- What is expected:
Your answer must consist of every line from the data below that includes the word "length".

- The input:

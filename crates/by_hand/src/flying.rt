//! The numbers whose searches are under way.

ghost use Rattle.std.specs.Prelude.{◌≡◌, ◌<◌, ◌++◌, ◌∷◌, [], length};
ghost use Rattle.by_hand.specs.Lists.{is_among, without};

use arrayvec::ArrayVec;

/// How many searches are under way at most.
pub(crate) const MOST: usize = 8;

/// Circuit numbers, as many as may be searched at a time.
pub(crate) type Flying = ArrayVec<u32, MOST>;

/// Whether a number is among these.
pub(crate) fn is_among(numbers: &[u32], number: u32) -> bool
    ensures { result ≡ is_among numbers.now number }
{
    numbers.iter().any(|each| *each == number)
}

/// Adds a number, unless it is this one.
fn add_other(numbers: &mut Flying, each: u32, number: u32)
    requires { length numbers.old.items < 8 }
    ensures { numbers.new.items ≡ numbers.old.items ++ without number (each ∷ []) }
{
    if each != number {
        numbers.push(each);
    }
}

/// These numbers, except this one.
pub(crate) fn without(numbers: &Flying, number: u32) -> Flying
    ensures { result.items ≡ without number numbers.now.items }
{
    let mut rest = ArrayVec::new();
    for each in numbers.as_slice() {
        add_other(&mut rest, *each, number);
    }
    rest
}
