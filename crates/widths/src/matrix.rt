//! The matrices of a width file in a TOML document.

ghost use Rattle.std.specs.Prelude.{◌≡◌, ◌⊎◌, IfOk, IfErr, Ok, Err};
ghost use Rattle.std.specs.List.{AllByRecursion};
ghost use Rattle.toml.specs.View.{view, table_view};
ghost use Rattle.widths.specs.Widths.{IsWidth, IsInNameOrder};
ghost use Rattle.widths.specs.Reading.{read_entry, read_matrix};
ghost use Rattle.widths.specs.declared.fault.WidthFault.TheVariants.{OutOfMemory};

use crate::entry::MatrixWidth;
use crate::fault::{WidthFault, WidthKey};
use crate::measures::{MOST_WIDTH, number_of};
use code_table::Name;
use std::alloc::Global;
use toml::{Table, Value};

/// The matrix at this place, counted from 1, with its width.
#[tactic(auto, unfolding(crate::specs::Reading::read_entry))]
fn read_entry(place: usize, name: &str, value: &Value) -> Result<MatrixWidth, WidthFault>
    ensures value { result ≡ read_entry place name.now (view value.now) }
    ensures name { IfOk result (λ entry. entry.name ≡ name.now) }
    ensures range { IfOk result (λ entry. IsWidth entry.width) }
{
    let name = Name::new(name.as_bytes()).ok_or(WidthFault::BadName { place })?;
    let width = number_of(WidthKey::Entry { place }, MOST_WIDTH, value)?;
    Ok(MatrixWidth { name, width })
}

/// The matrices of a table in byte order of their names.
pub(crate) fn read_matrix(alloc: Global, table: &Table) -> Result<Vec<MatrixWidth>, WidthFault>
    ensures ok { IfOk result (λ entries. read_matrix (table_view table.now) ≡ Ok entries.items) }
    ensures names { IfOk result (λ entries. IsInNameOrder entries.items) }
    ensures widths { IfOk result (λ entries. AllByRecursion (λ entry. IsWidth entry.width) entries.items) }
    ensures err { IfErr result (λ fault. (fault ≡ OutOfMemory) ⊎ (read_matrix (table_view table.now) ≡ Err fault)) }
{
    let mut entries = Vec::with_capacity(alloc, table.len())?;
    // A TOML table gives its members in byte order of their names.
    for (name, value) in table.iter() {
        let entry = read_entry(entries.len() + 1, name.as_str(), value)?;
        entries.push(entry)?;
    }
    Ok(entries)
}
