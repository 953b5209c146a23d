//! The text of what came of a range: a line for each row of numbers of which the same came.

ghost use Rattle.std.specs.Prelude.{◌≡◌, ◌≤◌, ◌<◌, ◌+◌, ◌++◌, None, IfOk, IfSome, OnOk, string_bytes};
ghost use Rattle.protocol.specs.Limits.{last_number};
ghost use Rattle.by_hand.specs.Hands.{answer_of};
ghost use Rattle.by_hand.specs.Texts.{line_text, IsLineFrom, IsNextWith, IsTextOf};

use crate::answer::SearchEnd;
use crate::hand::Hand;
use ballots::Number;
use std::alloc::{AllocError, Global};

/// Numbers that follow one another, from the first to the last, and what came of each.
#[derive(Clone, Copy)]
pub(crate) struct HandLine {
    first: Number,
    last: Number,
    answer: SearchEnd,
}

/// The number behind one, if there is one.
fn behind(number: Number) -> Option<Number>
    ensures some { IfSome result (λ n. n ≡ number + 1) }
    ensures none { result ≡ None → number ≡ last_number }
{
    Number::new(number.get() + 1)
}

/// The number behind one that has this answer too, if it is one of the range.
fn next_with(hand: &Hand, number: Number, answer: SearchEnd) -> Option<Number>
    ensures some { IfSome result (IsNextWith hand.now number answer) }
    ensures none { result ≡ None → number < hand.now.last → ¬ (answer_of hand.now (number + 1) ≡ answer) }
{
    let end = hand.last().get();
    let next = behind(number)?;
    if next.get() <= end && hand.answer(next) == answer {
        Some(next)
    } else {
        None
    }
}

/// The longest line from a number on.
fn line_from(hand: &Hand, first: Number) -> HandLine
    requires { first ≤ hand.now.last }
    ensures { IsLineFrom hand.now first result }
{
    let answer = hand.answer(first);
    let mut last = first;
    while let Some(next) = next_with(hand, last, answer) {
        last = next;
    }
    HandLine {
        first,
        last,
        answer,
    }
}

/// Puts a line behind a text.
fn push_line(text: &mut String, line: &HandLine) -> Result<(), AllocError>
    ensures { OnOk result (string_bytes text.new ≡ string_bytes text.old ++ line_text line.now) }
{
    let first = line.first.get();
    let last = line.last.get();
    let word = line.answer.word();
    if first == last {
        write!(text, "{first} {word}\n")
    } else {
        write!(text, "{first}-{last} {word}\n")
    }
}

/// The text of what came of a range.
pub(crate) fn text_of(alloc: Global, hand: &Hand) -> Result<String, AllocError>
    ensures { IfOk result (λ t. IsTextOf hand.now (string_bytes t)) }
{
    let mut text = String::new(alloc);
    let end = hand.last().get();
    let mut start = hand.first().get();
    while let Some(first) = Number::new(start)
        && start <= end
    {
        let line = line_from(hand, first);
        push_line(&mut text, &line)?;
        start = line.last.get() + 1;
    }
    Ok(text)
}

- Task output:
ghost use Rattle.std.specs.Prelude.{◌≡◌, ◌<◌, ◌++◌, ◌∷◌, [], length};
    requires { length numbers.old.items < 8 }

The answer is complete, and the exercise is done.